PROBLEM:
Wherever "cond" appears in a line of the listing, that line should be returned.

*-*-*

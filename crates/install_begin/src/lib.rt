//! What an installation and `lilo -t` begin with: where the volume of a part lies, its configuration with the boot
//! device, and where that lies.
//!
//! No disk is written.
#![tactic(auto)]

mod fault;
mod laws;
mod reading;

pub use fault::BeginFault;
pub use laws::{tests_answer_as_the_model, what_is_read_is_answered_as_the_model};
pub use reading::{Begun, begin};
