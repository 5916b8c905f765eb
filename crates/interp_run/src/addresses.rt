//! What a run finds by the addresses of names.
ghost use Rattle.std.specs.Prelude.{◌≡◌, ◌<◌, length, map, slice_get, IfOk};
ghost use Rattle.std.specs.Option.{option_copied};
ghost use Rattle.ir_core.specs.Lookup.{and_then};
ghost use Rattle.ir_core.specs.declared.declarations.Callee.{Callee as DeclaredCallee};
ghost use Rattle.ir_core.specs.Named.{place_of};
ghost use Rattle.ir_semantics.specs.Names.{names, address_of};
ghost use Rattle.ir_semantics.specs.Effect.{ByAddress};
ghost use Rattle.ir_semantics.specs.Step.{found, at_name};
ghost use Rattle.func_addrs.specs.Listing.{IsOrdered};
ghost use Rattle.func_addrs.specs.Mentions.{names_of};
ghost use Rattle.interp.specs.State.{function_at, target_of, Linked};
ghost use Rattle.interp_run.specs.Addressing.{callee_addresses, all_addresses, IsAddressed};

use body_import::is_same_sig;
use func_addrs::{FuncAddrs, Mention};
use interp::{Program, Target};
use ir_core::{Callee, FuncRef, Module, Sig, SigRef};
use std::alloc::{AllocError, Global};

/// The names of a module with what they stand for. It is found once before a run.
#[derive(Drop)]
pub struct Addresses<'m> {
    pub names: FuncAddrs<'m>,
    /// For each name, in order, the place of the function that has it.
    pub places: Vec<Option<usize>>,
    /// For each function, by its place, what its callee declarations have.
    pub callees: Vec<CalleeAddrs>,
}

/// The addresses of a function's callee declarations.
#[derive(Drop)]
pub struct CalleeAddrs {
    pub addresses: Vec<Option<u64>>,
}

/// For each name the place of the function that has it.
fn find_places(
    alloc: Global,
    module: &Module,
    names: &[Mention],
) -> Result<Vec<Option<usize>>, AllocError>
    ensures { IfOk result (λ places. places.items ≡ map (λ n. place_of n «module».now) (names_of names.now)) }
{
    let mut places = Vec::new(alloc);
    'names: for mention in names {
        places.push(module.find(mention.name))?;
    }
    Ok(places)
}

/// The addresses of callee declarations.
fn find_callees(
    alloc: Global,
    names: &FuncAddrs,
    callees: &[Callee],
) -> Result<CalleeAddrs, AllocError>
    requires { IsOrdered names.now }
    ensures { IfOk result (λ found. found.addresses.items
        ≡ callee_addresses (names_of names.now.names.items) callees.now) }
{
    let mut addresses = Vec::new(alloc);
    'callees: for callee in callees {
        addresses.push(names.find(&callee.name))?;
    }
    Ok(CalleeAddrs { addresses })
}

/// The addresses of the callee declarations of each function.
fn find_all_callees(
    alloc: Global,
    module: &Module,
    names: &FuncAddrs,
) -> Result<Vec<CalleeAddrs>, AllocError>
    requires { IsOrdered names.now }
    ensures { IfOk result (λ found. map (λ c. c.addresses.items) found.items
        ≡ all_addresses (names_of names.now.names.items) «module».now) }
{
    let mut found = Vec::new(alloc);
    let len = module.len();
    'funcs: for i in 0..len {
        found.push(find_callees(alloc, names, module.func(i).callees())?)?;
    }
    Ok(found)
}

/// What the names of a module stand for. It costs a sort, and a search for each name and callee declaration.
pub fn find_addresses<'m>(alloc: Global, module: &'m Module) -> Result<Addresses<'m>, AllocError>
    ensures { IfOk result (λ addresses. IsAddressed «module».now addresses) }
{
    let names = FuncAddrs::of_module(alloc, module)?;
    let places = find_places(alloc, module, names.names.as_slice())?;
    let callees = find_all_callees(alloc, module, &names)?;
    Ok(Addresses {
        names,
        places,
        callees,
    })
}

/// The address of a callee declaration of the function at a place.
pub fn address_of_callee(
    program: &Program,
    addresses: &Addresses,
    at: usize,
    callee: FuncRef,
) -> Option<u64>
    requires addressed { IsAddressed program.now.module.now addresses.now }
    ensures { result ≡ and_then (slice_get (function_at program.now.module.now at).callees callee)
        (λ c. address_of (names program.now.module.now) c.name) }
{
    if at >= addresses.callees.len() {
        return None;
    }
    let found = &addresses.callees[at];
    let number = callee.number() as usize;
    if number >= found.addresses.len() {
        return None;
    }
    found.addresses[number]
}

/// A signature of the function at a place.
fn find_sig<'m>(program: &Program<'m>, at: usize, sig: SigRef) -> Option<&'m Sig>
    ensures { option_copied result ≡ slice_get (function_at program.now.module.now at).sigs sig }
{
    let module = program.module;
    if at >= module.len() {
        return None;
    }
    let sigs = module.func(at).sigs();
    let number = sig.number() as usize;
    if number >= sigs.len() {
        return None;
    }
    Some(&sigs[number])
}

/// What a call by a signature finds at the name that has a place.
fn find_name<'m>(
    program: &Program<'m>,
    addresses: &Addresses<'m>,
    place: usize,
    sig: &'m Sig,
) -> Target<'m>
    requires addressed { IsAddressed program.now.module.now addresses.now }
    requires there { place < length addresses.now.names.names.items }
    ensures { target_of program.now.module.now result
        ≡ at_name program.now.module.now (slice_get (names program.now.module.now) place) sig.now }
{
    let name = addresses.names.names[place].name;
    match addresses.places[place] {
        None => Target::Outside(name, sig),
        Some(at) => {
            if is_same_sig(program.module.func(at).sig(), sig) {
                Target::Inside(at)
            } else {
                Target::Nowhere
            }
        }
    }
}

/// What a call by a signature and an address finds, in the function at a place.
pub fn find_address<'m>(
    program: &Program<'m>,
    addresses: &Addresses<'m>,
    at: usize,
    sig: SigRef,
    address: u128,
) -> Target<'m>
    requires addressed { IsAddressed program.now.module.now addresses.now }
    ensures { target_of program.now.module.now result
        ≡ found program.now.module.now (function_at program.now.module.now at) (ByAddress sig address) }
{
    let Some(sig) = find_sig(program, at, sig) else {
        return Target::Missing;
    };
    let Some(place) = addresses.names.place(address) else {
        return Target::Nowhere;
    };
    find_name(program, addresses, place, sig)
}
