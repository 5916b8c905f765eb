//! What each instruction does.
ghost use Rattle.std.specs.Prelude.{◌≡◌, IfOk, IsTrue};
ghost use Rattle.ir_core.specs.Viewed.{line_of, instruction_of};
ghost use Rattle.ir_semantics.specs.Names.{names};
ghost use Rattle.ir_semantics.specs.Effect.{effect};
ghost use Rattle.byte_store.specs.Cells.{bytes_at};
ghost use Rattle.interp.specs.Lines.{line_fits};
ghost use Rattle.interp.specs.State.{function_at, env_of, world_of, moment, done, Linked};
ghost use Rattle.interp_run.specs.Addressing.{IsAddressed};

use crate::addresses::Addresses;
use crate::calls::{call_address, func_addr, tail_call_address};
use clk_num::Bits;
use interp::{
    End, Frame, Program, Stop, Wait, World, br_table, brif, call_callee, give_back, give_results,
    jump, load, pure_imm, pure_op, sequence_point, stack_load, stack_store, store,
    tail_call_callee, trapnz, trapz,
};
use ir_core::{Inst, InstData};
use std::alloc::{AllocError, Global};

/// Does what the instruction of a line says, where the frame on top is past the line.
pub fn act<'m>(
    alloc: Global,
    program: &Program<'m>,
    addresses: &Addresses<'m>,
    top: &mut Frame<'m>,
    below: &mut Vec<Wait<'m>>,
    world: &mut World<'m>,
    line: &'m InstData,
    values: &mut Vec<Bits>,
    xs: &mut Vec<Bits>,
) -> Result<Option<Stop>, AllocError>
    requires linked { Linked program.now }
    requires addressed { IsAddressed program.now.module.now addresses.now }
    requires fits { IsTrue (line_fits (line_of line.now)) }
    ensures { IfOk result (λ r. let m = program.now.module.now in
        moment m top.new below.new.items (world_of world.new) r
        ≡ done m top.old below.old.items (world_of world.old) line.now
        (effect (names m) (function_at m top.old.at) (env_of top.old.values) (bytes_at top.old.slots)
        (world_of world.old).memory (instruction_of line.now.inst))) }
{
    match &line.inst {
        Inst::Nop => give_results(top, line, &[]),
        Inst::SequencePoint => sequence_point(alloc, program, top, below.as_slice(), world, line),
        Inst::Const(bits) => give_results(top, line, &[*bits]),
        Inst::Pure { op, args } => pure_op(top, line, *op, args.as_slice(), xs),
        Inst::PureImm { op, arg, imm } => pure_imm(top, line, *op, *arg, *imm),
        Inst::Load {
            access,
            flags,
            address,
            offset,
        } => load(top, world, line, *access, *flags, *address, *offset),
        Inst::Store {
            narrow,
            flags,
            value,
            address,
            offset,
        } => {
            let moved = store(top, world, line, *narrow, *flags, *value, *address, *offset);
            Ok(moved)
        }
        Inst::StackLoad { ty, slot, offset } => stack_load(program, top, line, *ty, *slot, *offset),
        Inst::StackStore {
            value,
            slot,
            offset,
        } => stack_store(program, top, line, *value, *slot, *offset),
        Inst::FuncAddr(callee) => func_addr(program, addresses, top, line, *callee),
        Inst::Jump(target) => jump(program, top, line, target, xs),
        Inst::Brif { cond, yes, no } => brif(program, top, line, *cond, yes.get(), no.get(), xs),
        Inst::BrTable {
            index,
            default,
            entries,
        } => br_table(
            program,
            top,
            line,
            *index,
            default.get(),
            entries.as_slice(),
            xs,
        ),
        Inst::Return(args) => give_back(
            alloc,
            program,
            top,
            below,
            line,
            args.as_slice(),
            values,
            xs,
        ),
        Inst::Trap(code) => Ok(Some(Stop::At(End::Trapped(*code)))),
        Inst::Trapz { cond, code } => trapz(top, line, *cond, *code),
        Inst::Trapnz { cond, code } => trapnz(top, line, *cond, *code),
        Inst::Call { callee, args } | Inst::TryCall { callee, args, .. } => call_callee(
            alloc,
            program,
            top,
            below,
            world,
            line,
            *callee,
            args.as_slice(),
            values,
            xs,
        ),
        Inst::ReturnCall { callee, args } => tail_call_callee(
            alloc,
            program,
            top,
            below,
            world,
            line,
            *callee,
            args.as_slice(),
            values,
            xs,
        ),
        Inst::CallIndirect { sig, address, args }
        | Inst::TryCallIndirect {
            sig,
            address,
            args,
            ..
        } => call_address(
            alloc,
            program,
            addresses,
            top,
            below,
            world,
            line,
            *sig,
            *address,
            args.as_slice(),
            values,
            xs,
        ),
        Inst::ReturnCallIndirect { sig, address, args } => tail_call_address(
            alloc,
            program,
            addresses,
            top,
            below,
            world,
            line,
            *sig,
            *address,
            args.as_slice(),
            values,
            xs,
        ),
    }
}
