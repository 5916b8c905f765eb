//! Steps of a run.
ghost use Rattle.std.specs.Prelude.{◌≡◌, ◌<◌, [], map, length, Some, IfOk};
ghost use Rattle.clk_num.specs.Views.{data_of_all};
ghost use Rattle.ir_semantics.specs.Machine.{On};
ghost use Rattle.ir_semantics.specs.Step as definition;
ghost use Rattle.ir_semantics.specs.Runs.{run, first, shows};
ghost use Rattle.host_script.specs.Script.{reply_of};
ghost use Rattle.interp.specs.State.{found_at, frame_of, waits_of, world_of, moment, stop_of, Linked};
ghost use Rattle.interp_run.specs.Addressing.{IsAddressed};

use crate::act::act;
use crate::addresses::Addresses;
use byte_store::Memory;
use clk_num::Bits;
use host_script::Reply;
use interp::{End, Frame, Program, Stop, Wait, World, begin};
use std::alloc::{AllocError, Global};

/// One step: one instruction, with all that follows from it.
fn step<'m>(
    alloc: Global,
    program: &Program<'m>,
    addresses: &Addresses<'m>,
    top: &mut Frame<'m>,
    below: &mut Vec<Wait<'m>>,
    world: &mut World<'m>,
    values: &mut Vec<Bits>,
    xs: &mut Vec<Bits>,
) -> Result<Option<Stop>, AllocError>
    requires linked { Linked program.now }
    requires addressed { IsAddressed program.now.module.now addresses.now }
    ensures { IfOk result (λ r. let m = program.now.module.now in
        moment m top.new below.new.items (world_of world.new) r
        ≡ definition.step m (frame_of m top.old) (waits_of m below.old.items) (world_of world.old)) }
{
    let rest = top.rest;
    let Some((line, rest)) = rest.split_first() else {
        return Ok(Some(Stop::Stuck));
    };
    top.rest = rest;
    act(
        alloc, program, addresses, top, below, world, line, values, xs,
    )
}

/// Makes so many steps from a frame with none below it, or fewer where the run is over before. The frames that wait
/// stand in a list of their own.
fn run_steps<'m>(
    alloc: Global,
    program: &Program<'m>,
    addresses: &Addresses<'m>,
    top: &mut Frame<'m>,
    world: &mut World<'m>,
    steps: u64,
) -> Result<Stop, AllocError>
    requires linked { Linked program.now }
    requires addressed { IsAddressed program.now.module.now addresses.now }
    ensures { IfOk result (λ stop. let m = program.now.module.now in shows (world_of world.new) (stop_of stop)
        ≡ run m steps (On (frame_of m top.old) [] (world_of world.old))) }
{
    let mut below = Vec::new(alloc);
    let mut values = Vec::new(alloc);
    let mut xs = Vec::new(alloc);
    'steps: for made in 0..steps {
        let moved = step(
            alloc,
            program,
            addresses,
            top,
            &mut below,
            world,
            &mut values,
            &mut xs,
        )?;
        match moved {
            None => {}
            Some(stop) => return Ok(stop),
        }
    }
    Ok(Stop::At(End::Going))
}

/// What a run leaves, and why it stops.
#[derive(Drop)]
pub struct Run<'m> {
    pub world: World<'m>,
    pub stop: Stop,
}

/// Runs the function at a place for so many steps, or fewer where the run is over before.
pub fn run_function<'m>(
    alloc: Global,
    program: &Program<'m>,
    addresses: &Addresses<'m>,
    at: usize,
    args: &[Bits],
    replies: &'m [Reply],
    memory: Memory,
    steps: u64,
) -> Result<Run<'m>, AllocError>
    requires linked { Linked program.now }
    requires addressed { IsAddressed program.now.module.now addresses.now }
    requires there { at < length program.now.module.now }
    ensures { IfOk result (λ done. let m = program.now.module.now in shows (world_of done.world) (stop_of done.stop)
        ≡ run m steps (first (found_at m (Some at)) (data_of_all args.now)
        (record { memory = memory; replies = map reply_of replies.now; events = [] }))) }
{
    let mut world = World {
        memory,
        replies,
        events: Vec::new(alloc),
    };
    let Some(mut top) = begin(alloc, program, at, args, Vec::new(alloc))? else {
        return Ok(Run {
            world,
            stop: Stop::Stuck,
        });
    };
    let stop = run_steps(alloc, program, addresses, &mut top, &mut world, steps)?;
    Ok(Run { world, stop })
}
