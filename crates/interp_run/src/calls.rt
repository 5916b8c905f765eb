//! Calls by an address, and the addresses of functions.
ghost use Rattle.std.specs.Prelude.{◌≡◌, true, false, IfOk, List};
ghost use Rattle.clk_num.specs.Views.{data_of};
ghost use Rattle.ir_core.specs.Module.{Indirect, FuncAddr};
ghost use Rattle.ir_semantics.specs.Values.{i64};
ghost use Rattle.ir_semantics.specs.Machine.{World as RunWorld};
ghost use Rattle.ir_semantics.specs.Effect.{calls};
ghost use Rattle.interp.specs.declared.state.Wait.{Wait as DeclaredWait};
ghost use Rattle.interp.specs.State.{env_of, world_of, moment, done, simply, Linked};
ghost use Rattle.interp_run.specs.Addressing.{IsAddressed};

use crate::addresses::{Addresses, address_of_callee, find_address};
use clk_num::{Bits, Width};
use interp::{
    Frame, Program, Stop, Wait, World, add_numbers, give_results, invoke, invoke_tail, read_all,
};
use ir_core::{FuncRef, InstData, SigRef, Value};
use std::alloc::{AllocError, Global};

/// An address as a value.
fn address_value(address: u64) -> Bits
    ensures { data_of result ≡ i64 address }
{
    Bits {
        width: Width::W64,
        value: u128::from(address),
    }
}

/// The result gets the address of a callee declaration.
pub fn func_addr<'m>(
    program: &Program<'m>,
    addresses: &Addresses<'m>,
    frame: &mut Frame<'m>,
    line: &InstData,
    callee: FuncRef,
) -> Result<Option<Stop>, AllocError>
    requires addressed { IsAddressed program.now.module.now addresses.now }
    ensures { IfOk result (λ r. (below : List DeclaredWait) (w : RunWorld)
        → moment program.now.module.now frame.new below w r
        ≡ done program.now.module.now frame.old below w line.now
        (simply program.now.module.now frame.old w (FuncAddr callee))) }
{
    let Some(address) = address_of_callee(program, addresses, frame.at, callee) else {
        return Ok(Some(Stop::Stuck));
    };
    give_results(frame, line, &[address_value(address)])
}

/// A call by an address, above the frame on top.
pub fn call_address<'m>(
    alloc: Global,
    program: &Program<'m>,
    addresses: &Addresses<'m>,
    top: &mut Frame<'m>,
    below: &mut Vec<Wait<'m>>,
    world: &mut World<'m>,
    line: &'m InstData,
    sig: SigRef,
    address: Value,
    args: &[Value],
    values: &mut Vec<Bits>,
    xs: &mut Vec<Bits>,
) -> Result<Option<Stop>, AllocError>
    requires linked { Linked program.now }
    requires addressed { IsAddressed program.now.module.now addresses.now }
    ensures { IfOk result (λ r. moment program.now.module.now top.new below.new.items (world_of world.new) r
        ≡ done program.now.module.now top.old below.old.items (world_of world.old) line.now
        (calls (env_of top.old.values) (Indirect sig address) args.now false)) }
{
    let Some(base) = top.values.get(address.number() as usize) else {
        return Ok(Some(Stop::Stuck));
    };
    if !read_all(&top.values, args, values)? {
        return Ok(Some(Stop::Stuck));
    }
    let target = find_address(program, addresses, top.at, sig, base.value());
    invoke(alloc, program, top, below, world, line, target, values, xs)
}

/// A call by an address, in place of the frame on top.
pub fn tail_call_address<'m>(
    alloc: Global,
    program: &Program<'m>,
    addresses: &Addresses<'m>,
    top: &mut Frame<'m>,
    below: &mut Vec<Wait<'m>>,
    world: &mut World<'m>,
    line: &'m InstData,
    sig: SigRef,
    address: Value,
    args: &[Value],
    values: &mut Vec<Bits>,
    xs: &mut Vec<Bits>,
) -> Result<Option<Stop>, AllocError>
    requires linked { Linked program.now }
    requires addressed { IsAddressed program.now.module.now addresses.now }
    ensures { IfOk result (λ r. moment program.now.module.now top.new below.new.items (world_of world.new) r
        ≡ done program.now.module.now top.old below.old.items (world_of world.old) line.now
        (calls (env_of top.old.values) (Indirect sig address) args.now true)) }
{
    let Some(base) = top.values.get(address.number() as usize) else {
        return Ok(Some(Stop::Stuck));
    };
    if !read_all(&top.values, args, values)? {
        return Ok(Some(Stop::Stuck));
    }
    let mut own = Vec::new(alloc);
    if !add_numbers(line.tags.list(), &mut own)? {
        return Ok(Some(Stop::Stuck));
    }
    let target = find_address(program, addresses, top.at, sig, base.value());
    invoke_tail(
        alloc, program, top, below, world, line, target, &own, values, xs,
    )
}
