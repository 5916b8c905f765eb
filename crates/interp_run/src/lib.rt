//! Runs of modules: one instruction after another, by the words of `interp`.
//!
//! Contracts see a run as the definition does (`ir_semantics`, `specs/Runs.antt`).
#![tactic(auto)]

mod act;
mod addresses;
mod calls;
mod linked;
mod run;
mod steps;

pub use interp::{End, Event, Outcome, Shown};
pub use linked::LinkedModule;
pub use run::{RunErr, run_module};
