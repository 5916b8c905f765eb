//! Accepted modules that are ready for runs.
ghost use Rattle.std.specs.Prelude.{◌≡◌, ◌≢◌, IfOk, IfErr};
ghost use Rattle.ir_semantics.specs.Accepted.{Accepted};
ghost use Rattle.ir_semantics.specs.Machine.{Stuck};
ghost use Rattle.interp.specs.Outcome.{end_of};
ghost use Rattle.interp.specs.State.{stop_of};
ghost use Rattle.interp_run.specs.Answers.{IsRunOf, IsRefusal};

use crate::addresses::{Addresses, find_addresses};
use crate::run::RunErr;
use crate::steps::run_function;
use byte_store::Memory;
use host_script::Script;
use interp::link::link;
use interp::{End, Outcome, Program, Stop, fit_values};
use ir_core::{FuncName, List, Module};
use std::alloc::{AllocError, Global};
use std::marker::Model;

/// An accepted module that is ready for runs: what its names and addresses stand for is found once. Contracts see it
/// as the module.
#[derive(Drop)]
pub struct LinkedModule<'m> {
    program: Program<'m>,
    addresses: Addresses<'m>,
}

impl<'m> Model for LinkedModule<'m> {
    ghost use Rattle.std.specs.Prelude.{List};
    ghost use Rattle.ir_core.specs.Module.{Function};
    ghost use Rattle.interp_run.specs.Ready.{IsReady};

    ghost Value = { List Function };

    ghost view = { λ l. l.program.«module».now };

    ghost invariant = { λ l. IsReady l.program l.addresses };
}

/// How a run is over that is not stuck.
fn end_of_run(stop: Stop) -> End
    requires { stop_of stop ≢ Stuck }
    ensures { end_of result ≡ stop_of stop }
{
    match stop {
        Stop::At(end) => end,
        Stop::Stuck => unreachable!(),
    }
}

impl<'m> LinkedModule<'m> {
    /// Makes an accepted module ready for runs. It costs a sort of its names, and a search for each name and callee
    /// declaration.
    pub fn of_module(alloc: Global, module: &'m Module) -> Result<LinkedModule<'m>, AllocError>
        requires { Accepted «module».now }
        ensures { IfOk result (λ linked. linked ≡ «module».now) }
    {
        let program = link(alloc, module)?;
        let addresses = find_addresses(alloc, module)?;
        Ok(LinkedModule { program, addresses })
    }

    /// The module.
    pub fn module(&self) -> &Module
        ensures { result.now ≡ self.now }
    {
        self.program.module
    }

    /// Runs a function of the module by its name, with numbers for its parameters, for so many steps, or fewer where
    /// the run is over before. What a run costs does not depend on the size of the module, but for the search for the
    /// name, and frames take memory of their own, so that a run may be as deep as memory allows. `NoEntry` exactly
    /// where no function has the name; `BadArgs` exactly where the numbers are not as many as the parameters, or one is
    /// no value of its parameter's type. On a refusal the memory is dropped.
    pub fn run(
        &self,
        alloc: Global,
        entry: &FuncName,
        args: &[i128],
        script: &Script,
        memory: Memory,
        steps: u64,
    ) -> Result<Outcome, RunErr>
        ensures outcome { IfOk result (IsRunOf self.now entry.now args.now script.now memory steps) }
        ensures refused { IfErr result (IsRefusal self.now entry.now args.now) }
    {
        let module = self.program.module;
        // That its functions are whole and have different names, any call on it tells.
        let _count = module.len();
        let Some(at) = module.find(entry) else {
            return Err(RunErr::NoEntry);
        };
        let mut values = Vec::new(alloc);
        let params = module.func(at).sig().params.as_slice();
        if !fit_values(params, args, &mut values)? {
            return Err(RunErr::BadArgs);
        }
        let replies = script.replies.as_slice();
        let done = run_function(
            alloc,
            &self.program,
            &self.addresses,
            at,
            &values,
            replies,
            memory,
            steps,
        )?;
        let world = done.world;
        Ok(Outcome {
            events: List::from_vec(world.events),
            memory: world.memory,
            end: end_of_run(done.stop),
        })
    }
}
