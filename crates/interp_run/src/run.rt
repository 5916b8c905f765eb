//! The run of an accepted module.
ghost use Rattle.std.specs.Prelude.{◌≡◌, IfOk, IfErr};
ghost use Rattle.ir_semantics.specs.Accepted.{Accepted};
ghost use Rattle.interp_run.specs.Answers.{IsRunOf, IsRefusal};
ghost use Rattle.interp_run.specs.declared.run.RunErr.TheVariants.{NoMemory};

use crate::linked::LinkedModule;
use byte_store::Memory;
use host_script::Script;
use interp::Outcome;
use ir_core::{FuncName, Module};
use std::alloc::{AllocError, Global};
use std::error::Error;
use std::fmt;

/// Why a run does not begin, or is given up.
#[derive(Clone, Copy, Debug, PartialEq, Eq)]
pub enum RunErr {
    /// No function has the name.
    NoEntry,
    /// There are not as many numbers as parameters, or one is no value of its parameter's type.
    BadArgs,
    /// Memory ran out.
    NoMemory,
}

impl fmt::Display for RunErr {
    fn fmt<W: fmt::Write>(&self, f: &mut fmt::Formatter<W>) -> fmt::Result {
        match self {
            RunErr::NoEntry => write!(f, "no function has the entry's name"),
            RunErr::BadArgs => write!(f, "the arguments do not fit the entry's parameters"),
            RunErr::NoMemory => write!(f, "out of memory"),
        }
    }
}

impl Error for RunErr {}

impl From<AllocError> for RunErr {
    ghost from_gives = { λ _ e. e ≡ NoMemory };

    fn from(_: AllocError) -> RunErr {
        RunErr::NoMemory
    }
}

/// Runs a function of an accepted module by its name, with numbers for its parameters, for so many steps, or fewer
/// where the run is over before. What a step costs does not depend on the size of the module, and frames take memory
/// of their own, so that a run may be as deep as memory allows. On a refusal the memory is dropped.
pub fn run_module<'m>(
    alloc: Global,
    module: &'m Module,
    entry: &FuncName,
    args: &[i128],
    script: &'m Script,
    memory: Memory,
    steps: u64,
) -> Result<Outcome, RunErr>
    requires { Accepted «module».now }
    ensures outcome { IfOk result (IsRunOf «module».now entry.now args.now script.now memory steps) }
    ensures refused { IfErr result (IsRefusal «module».now entry.now args.now) }
{
    let linked = LinkedModule::of_module(alloc, module)?;
    linked.run(alloc, entry, args, script, memory, steps)
}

*-*-*

YOUR SOLUTION:
        Inst::Brif { cond, yes, no } => brif(program, top, line, *cond, yes.get(), no.get(), xs),
        Inst::Trapz { cond, code } => trapz(top, line, *cond, *code),
        Inst::Trapnz { cond, code } => trapnz(top, line, *cond, *code),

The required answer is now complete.